▸ **Exercise brief**:
From the entries below, copy every line that has the word "usize".

━━━━━━━━━━━━━━━━━━━━━━━━━━━━━━

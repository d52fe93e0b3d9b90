//! The links of a node.

ghost use Rattle.std.specs.Prelude.{◌≡◌, ◌<◌, ◌++◌, Some, IfOk, OnOk, IsTrue, length, flat_map, option_to_list};
ghost use Rattle.un_defs.specs.Orders.{rising, tie_cmp};
ghost use Rattle.un_defs.specs.Features.{row as row_of, is_line, associations_of};
ghost use Rattle.un_defs.specs.Links.{ties_by, link_of, segment, is_device, association_link, node_at};
ghost use Rattle.un_star.specs.Meet.{AreGroups, IsMeeting, end_here};
ghost use Rattle.un_star.specs.Links.{segment_before, segment_ties, path_link_by, path_between_by, path_ties_by, path_ties, coin_ties_by, coin_ties, association_ties, node_ties};

use crate::meet::{End, Joint, Meeting, chosen, end_here, joins, only};
use crate::order::rising_ties;
use crate::permit::permitted;
use std::alloc::{AllocError, Global};
use un_defs::link::{TieList, Ties};
use un_defs::{Assoc, AssocKind, Flow, LinkName, Node, PackedTie, Port, Row, Rows, Tie};
use un_schema::{Class, Schema};
use un_terms::TermConfig;

/// What a node has by a link between two nodes, where both are there and it is one of them.
fn tie(
    node: Node,
    name: LinkName,
    along: bool,
    against: bool,
    first: Option<Node>,
    second: Option<Node>,
) -> Option<Tie>
    ensures { option_to_list result ≡ flat_map (ties_by node) (link_of name along against first second) }
{
    let first = first?;
    let second = second?;
    if node == first {
        return Some(Tie {
            name,
            to: second,
            out: along,
            back: against,
        });
    }
    if node == second {
        return Some(Tie {
            name,
            to: first,
            out: against,
            back: along,
        });
    }
    None
}

fn add(ties: &mut TieList, tie: Option<Tie>) -> Result<(), AllocError>
    ensures { OnOk result (ties.new.items ≡ ties.old.items ++ option_to_list tie) }
{
    if let Some(tie) = tie {
        ties.push(PackedTie::new(tie))?;
    }
    Ok(())
}

/// The segment of a line between the vertices i and i + 1.
fn segment(node: Node, line: &Row, i: u8) -> Option<Tie>
    requires { i < 255 }
    ensures { option_to_list result ≡ flat_map (ties_by node) (segment line.now i) }
{
    let along = line.flow != Flow::Against;
    let against = line.flow != Flow::With;
    tie(
        node,
        LinkName::Seg {
            line: line.id,
            index: i,
        },
        along,
        against,
        line.node(i),
        line.node(i + 1),
    )
}

/// The path between two terminals of a device, the lower first.
fn path(node: Node, config: &TermConfig, number: usize, row: &Row, low: u8, high: u8) -> Option<Tie>
    requires { number < length config.now.paths }
    ensures { option_to_list result
        ≡ flat_map (ties_by node) (path_link_by config.now number row.now low high) }
{
    let along = config.flows(number, low, high);
    let against = config.flows(number, high, low);
    if low < high && (along || against) {
        return tie(
            node,
            LinkName::Path {
                device: row.id,
                low,
                high,
            },
            along,
            against,
            row.node(low),
            row.node(high),
        );
    }
    None
}

/// The path between two terminals of a device, in whichever order they are given.
fn path_between(
    node: Node,
    config: &TermConfig,
    number: usize,
    row: &Row,
    a: u8,
    b: u8,
) -> Option<Tie>
    requires { number < length config.now.paths }
    ensures { option_to_list result
        ≡ flat_map (ties_by node) (path_between_by config.now number row.now a b) }
{
    if a < b {
        path(node, config, number, row, a, b)
    } else {
        path(node, config, number, row, b, a)
    }
}

/// The link between an end and the device or junction at its point.
fn coin(schema: &Schema, meeting: &Meeting, node: Node, joint: &Joint, end: &End) -> Option<Tie>
    requires { AreGroups schema.now.rules joint.now meeting.now.ends.items meeting.now.groups.items }
    ensures { option_to_list result
        ≡ coin_ties_by schema.now.rules node joint.now meeting.now.ends.items end.now }
{
    if !joins(schema, meeting, joint, end) {
        return None;
    }
    let terminal = chosen(end, joint);
    tie(
        node,
        LinkName::Coin {
            junction: joint.id,
            terminal,
            line: end.port.feature,
            vertex: end.port.number,
        },
        true,
        true,
        Some(Node {
            port: Port {
                feature: joint.id,
                number: terminal,
            },
            at: node.at,
        }),
        Some(Node {
            port: end.port,
            at: node.at,
        }),
    )
}

/// The node of a port of a live row.
fn node_at<R: Rows>(rows: &R, port: Port) -> Option<Node>
    ensures { result ≡ node_at (R.features rows.now) port }
{
    rows.row(port.feature)?.node(port.number)
}

/// The link by a permitted connectivity association.
fn association<R: Rows>(rows: &R, node: Node, assoc: &Assoc) -> Option<Tie>
    ensures { option_to_list result
        ≡ flat_map (ties_by node) (association_link (R.features rows.now) assoc.now) }
{
    if assoc.sort == AssocKind::Connectivity && permitted(rows, assoc) {
        return tie(
            node,
            LinkName::Assoc { id: assoc.id },
            true,
            true,
            node_at(rows, assoc.from),
            node_at(rows, assoc.to),
        );
    }
    None
}

/// Adds the segment of a line that ends at a vertex.
fn add_segment_before(ties: &mut TieList, node: Node, line: &Row) -> Result<(), AllocError>
    ensures { OnOk result (ties.new.items ≡ ties.old.items
        ++ flat_map (ties_by node) (segment_before line.now node.port.number)) }
{
    if node.port.number > 0 {
        add(ties, segment(node, line, node.port.number - 1))?;
    }
    Ok(())
}

/// Adds the segment of a line that begins at a vertex.
fn add_segment_after(ties: &mut TieList, node: Node, line: &Row) -> Result<(), AllocError>
    requires { IsTrue (is_line line.now.class) }
    ensures { OnOk result (ties.new.items ≡ ties.old.items
        ++ flat_map (ties_by node) (segment line.now node.port.number)) }
{
    if usize::from(node.port.number) + 1 < line.shape.points().len() {
        add(ties, segment(node, line, node.port.number))?;
    }
    Ok(())
}

/// Adds the two segments at a vertex of a line.
fn add_segments(ties: &mut TieList, node: Node, row: &Row) -> Result<(), AllocError>
    ensures { OnOk result (ties.new.items ≡ ties.old.items ++ segment_ties node row.now) }
{
    if row.class != Class::Line {
        return Ok(());
    }
    add_segment_before(ties, node, row)?;
    add_segment_after(ties, node, row)
}

/// Adds the paths from a terminal of a device to each other one.
fn add_paths_of(
    ties: &mut TieList,
    config: &TermConfig,
    number: usize,
    node: Node,
    row: &Row,
) -> Result<(), AllocError>
    requires { number < length config.now.paths }
    ensures { OnOk result (ties.new.items ≡ ties.old.items ++ path_ties_by config.now number node row.now) }
{
    for before in 0..row.terminals {
        let other = before + 1;
        add(
            ties,
            path_between(node, config, number, row, node.port.number, other),
        )?;
    }
    Ok(())
}

/// Adds the links between the ends at the node's point and the only device or junction there, where it is of the node's row.
fn add_all_coins(
    ties: &mut TieList,
    schema: &Schema,
    meeting: &Meeting,
    node: Node,
    joint: &Joint,
) -> Result<(), AllocError>
    requires { AreGroups schema.now.rules joint.now meeting.now.ends.items meeting.now.groups.items }
    ensures { OnOk result (ties.new.items ≡ ties.old.items
        ++ flat_map (coin_ties_by schema.now.rules node joint.now meeting.now.ends.items) meeting.now.ends.items) }
{
    for end in &meeting.ends {
        add(ties, coin(schema, meeting, node, joint, end))?;
    }
    Ok(())
}

/// Adds the links by the associations of the node's row.
fn add_associations<R: Rows>(
    ties: &mut TieList,
    rows: &R,
    node: Node,
    assocs: &[Assoc],
) -> Result<(), AllocError>
    requires { assocs.now ≡ associations_of (R.features rows.now) node.port.feature }
    ensures { OnOk result (ties.new.items ≡ ties.old.items ++ association_ties (R.features rows.now) node) }
{
    for assoc in assocs {
        add(ties, association(rows, node, assoc))?;
    }
    Ok(())
}

fn is_device(class: Class) -> bool
    ensures { result ≡ is_device class }
{
    class == Class::Device
}

/// Adds the paths from a terminal to each other one.
fn add_paths<R: Rows>(ties: &mut TieList, rows: &R, node: Node, row: &Row) -> Result<(), AllocError>
    requires { row_of (R.features rows.now) node.port.feature ≡ Some row.now }
    ensures { OnOk result (ties.new.items ≡ ties.old.items ++ path_ties (R.catalog rows.now) node row.now) }
{
    if is_device(row.class) {
        return add_device_paths(ties, rows, node, row);
    }
    Ok(())
}

/// Adds the paths from a terminal of a device to each other one.
fn add_device_paths<R: Rows>(
    ties: &mut TieList,
    rows: &R,
    node: Node,
    row: &Row,
) -> Result<(), AllocError>
    requires row { row_of (R.features rows.now) node.port.feature ≡ Some row.now }
    requires device { IsTrue (is_device row.now.class) }
    ensures { OnOk result (ties.new.items ≡ ties.old.items ++ path_ties (R.catalog rows.now) node row.now) }
{
    let Some(number) = row.path else {
        return Ok(());
    };
    let Some(config) = rows.schema().config(row.kind) else {
        return Ok(());
    };
    add_paths_of(ties, config, number, node, row)?;
    Ok(())
}

/// Adds the link of a vertex of the row with the only device or junction at its point.
fn add_own_coin<R: Rows>(
    ties: &mut TieList,
    rows: &R,
    meeting: &Meeting,
    node: Node,
    row: &Row,
    joint: &Joint,
) -> Result<(), AllocError>
    requires row { row_of (R.features rows.now) node.port.feature ≡ Some row.now }
    requires groups { AreGroups
        (R.catalog rows.now).rules joint.now meeting.now.ends.items meeting.now.groups.items }
    ensures { OnOk result (ties.new.items ≡ ties.old.items
        ++ flat_map (coin_ties_by (R.catalog rows.now).rules node joint.now meeting.now.ends.items)
        (option_to_list (end_here (R.catalog rows.now) (R.features rows.now) node.at node.port))) }
{
    if let Some(end) = end_here(rows, node.at, node.port, row) {
        add(ties, coin(rows.schema(), meeting, node, joint, &end))?;
    }
    Ok(())
}

/// Adds the links between vertices and the only device or junction at the node's point.
fn add_coins<R: Rows>(
    ties: &mut TieList,
    rows: &R,
    meeting: &Meeting,
    node: Node,
    row: &Row,
) -> Result<(), AllocError>
    requires meeting { IsMeeting (R.catalog rows.now) (R.features rows.now) meeting.now }
    requires here { meeting.now.at ≡ node.at }
    requires row { row_of (R.features rows.now) node.port.feature ≡ Some row.now }
    ensures { OnOk result (ties.new.items
        ≡ ties.old.items ++ coin_ties (R.catalog rows.now) (R.features rows.now) node) }
{
    let Some(joint) = only(meeting.joints.as_slice()) else {
        return Ok(());
    };
    if node.port.feature == joint.id {
        add_all_coins(ties, rows.schema(), meeting, node, &joint)?;
    } else {
        add_own_coin(ties, rows, meeting, node, row, &joint)?;
    }
    Ok(())
}

/// How many links a node of the row has at most, apart from those by associations, so that a list of them seldom moves.
fn room_for_ties(meeting: &Meeting, node: Node, row: &Row) -> usize {
    if row.class == Class::Line {
        let vertices = row.shape.points().len();
        let is_outer = node.port.number == 0 || usize::from(node.port.number) + 1 == vertices;
        return if is_outer { 2 } else { 3 };
    }
    meeting
        .ends
        .len()
        .saturating_add(usize::from(row.terminals))
        .saturating_sub(1)
}

/// The links of a node of a row with its associations, in the order of their names.
pub(crate) fn ties_of<R: Rows>(
    alloc: Global,
    rows: &R,
    meeting: &Meeting,
    node: Node,
    row: &Row,
    assocs: &[Assoc],
) -> Result<Ties, AllocError>
    requires meeting { IsMeeting (R.catalog rows.now) (R.features rows.now) meeting.now }
    requires here { meeting.now.at ≡ node.at }
    requires row { row_of (R.features rows.now) node.port.feature ≡ Some row.now }
    requires assocs { assocs.now ≡ associations_of (R.features rows.now) node.port.feature }
    ensures { IfOk result (λ ties. ties
        ≡ rising tie_cmp (node_ties (R.catalog rows.now) (R.features rows.now) node row.now)) }
{
    let mut ties = TieList::with_capacity(alloc, room_for_ties(meeting, node, row))?;
    add_segments(&mut ties, node, row)?;
    add_paths(&mut ties, rows, node, row)?;
    add_coins(&mut ties, rows, meeting, node, row)?;
    add_associations(&mut ties, rows, node, assocs)?;
    let ties = rising_ties(alloc, ties)?;
    Ok(Ties::new(ties))
}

━━━━━━━━━━━━━━━━━━━━━━━━━━━━━━

▸ **Reply to the task**:
fn path(node: Node, config: &TermConfig, number: usize, row: &Row, low: u8, high: u8) -> Option<Tie>
    number: usize,
    if usize::from(node.port.number) + 1 < line.shape.points().len() {
    number: usize,
fn room_for_ties(meeting: &Meeting, node: Node, row: &Row) -> usize {
        let is_outer = node.port.number == 0 || usize::from(node.port.number) + 1 == vertices;
        .saturating_add(usize::from(row.terminals))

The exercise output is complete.